Source information =
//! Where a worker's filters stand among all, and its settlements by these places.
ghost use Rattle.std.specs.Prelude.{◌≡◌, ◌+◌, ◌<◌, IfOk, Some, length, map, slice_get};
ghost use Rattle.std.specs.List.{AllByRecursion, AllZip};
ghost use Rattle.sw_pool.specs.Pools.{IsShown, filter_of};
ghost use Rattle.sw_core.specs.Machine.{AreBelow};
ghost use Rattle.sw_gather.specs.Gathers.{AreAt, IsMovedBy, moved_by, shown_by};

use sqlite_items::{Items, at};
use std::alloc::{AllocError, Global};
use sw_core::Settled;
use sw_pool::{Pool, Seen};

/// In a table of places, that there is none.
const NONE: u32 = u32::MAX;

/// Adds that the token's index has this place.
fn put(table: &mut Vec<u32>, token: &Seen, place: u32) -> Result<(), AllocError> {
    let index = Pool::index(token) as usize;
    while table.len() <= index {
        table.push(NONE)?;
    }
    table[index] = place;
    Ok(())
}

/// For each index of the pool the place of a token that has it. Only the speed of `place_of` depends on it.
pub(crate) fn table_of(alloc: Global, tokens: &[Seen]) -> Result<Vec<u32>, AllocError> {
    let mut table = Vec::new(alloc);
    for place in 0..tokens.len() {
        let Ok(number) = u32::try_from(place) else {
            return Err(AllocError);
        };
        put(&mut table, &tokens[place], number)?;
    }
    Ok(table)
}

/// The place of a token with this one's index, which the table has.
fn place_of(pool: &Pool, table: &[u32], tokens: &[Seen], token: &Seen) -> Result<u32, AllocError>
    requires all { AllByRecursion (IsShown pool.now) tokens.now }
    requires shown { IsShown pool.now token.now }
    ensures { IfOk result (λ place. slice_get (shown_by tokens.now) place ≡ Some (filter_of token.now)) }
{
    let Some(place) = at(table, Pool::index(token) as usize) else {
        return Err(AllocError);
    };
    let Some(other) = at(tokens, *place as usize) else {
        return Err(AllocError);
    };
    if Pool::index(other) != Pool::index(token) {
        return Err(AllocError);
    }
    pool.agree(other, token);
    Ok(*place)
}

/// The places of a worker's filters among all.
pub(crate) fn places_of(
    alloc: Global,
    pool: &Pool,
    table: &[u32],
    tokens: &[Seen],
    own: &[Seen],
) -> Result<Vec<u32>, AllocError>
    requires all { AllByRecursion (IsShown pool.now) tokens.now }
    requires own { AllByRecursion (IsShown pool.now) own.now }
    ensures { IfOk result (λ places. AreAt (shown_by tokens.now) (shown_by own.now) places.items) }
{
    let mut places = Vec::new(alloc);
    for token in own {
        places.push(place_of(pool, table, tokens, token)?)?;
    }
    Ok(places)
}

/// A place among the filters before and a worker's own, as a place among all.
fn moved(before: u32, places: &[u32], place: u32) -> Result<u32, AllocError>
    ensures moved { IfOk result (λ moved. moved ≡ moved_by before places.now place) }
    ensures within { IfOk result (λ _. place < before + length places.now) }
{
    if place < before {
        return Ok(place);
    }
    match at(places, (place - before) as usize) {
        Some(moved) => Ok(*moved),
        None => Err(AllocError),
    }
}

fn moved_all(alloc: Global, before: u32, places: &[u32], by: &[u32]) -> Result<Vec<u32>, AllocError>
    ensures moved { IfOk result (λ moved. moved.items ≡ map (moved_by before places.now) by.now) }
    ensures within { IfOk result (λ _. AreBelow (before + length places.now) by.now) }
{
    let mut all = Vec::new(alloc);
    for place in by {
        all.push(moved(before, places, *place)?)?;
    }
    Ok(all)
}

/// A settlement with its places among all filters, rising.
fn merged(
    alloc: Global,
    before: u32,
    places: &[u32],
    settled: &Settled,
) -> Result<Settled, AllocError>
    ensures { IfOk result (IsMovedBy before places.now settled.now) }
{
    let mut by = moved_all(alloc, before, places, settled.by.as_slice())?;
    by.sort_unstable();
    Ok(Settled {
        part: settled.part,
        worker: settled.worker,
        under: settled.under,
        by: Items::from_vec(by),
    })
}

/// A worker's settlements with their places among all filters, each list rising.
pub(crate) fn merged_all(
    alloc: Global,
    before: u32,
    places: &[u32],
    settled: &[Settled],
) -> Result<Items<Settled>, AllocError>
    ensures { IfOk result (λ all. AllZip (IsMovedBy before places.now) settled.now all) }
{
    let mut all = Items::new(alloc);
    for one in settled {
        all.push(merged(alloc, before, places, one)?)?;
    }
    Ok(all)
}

==

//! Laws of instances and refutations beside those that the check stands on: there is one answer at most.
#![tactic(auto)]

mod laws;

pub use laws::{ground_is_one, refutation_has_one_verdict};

Directions = Your answer should be the exact lines above from the one with "by these places." through the one with "has this place.", both included, and nothing besides.

Solution for this task =
//! Where a worker's filters stand among all, and its settlements by these places.
ghost use Rattle.std.specs.Prelude.{◌≡◌, ◌+◌, ◌<◌, IfOk, Some, length, map, slice_get};
ghost use Rattle.std.specs.List.{AllByRecursion, AllZip};
ghost use Rattle.sw_pool.specs.Pools.{IsShown, filter_of};
ghost use Rattle.sw_core.specs.Machine.{AreBelow};
ghost use Rattle.sw_gather.specs.Gathers.{AreAt, IsMovedBy, moved_by, shown_by};

use sqlite_items::{Items, at};
use std::alloc::{AllocError, Global};
use sw_core::Settled;
use sw_pool::{Pool, Seen};

/// In a table of places, that there is none.
const NONE: u32 = u32::MAX;

/// Adds that the token's index has this place.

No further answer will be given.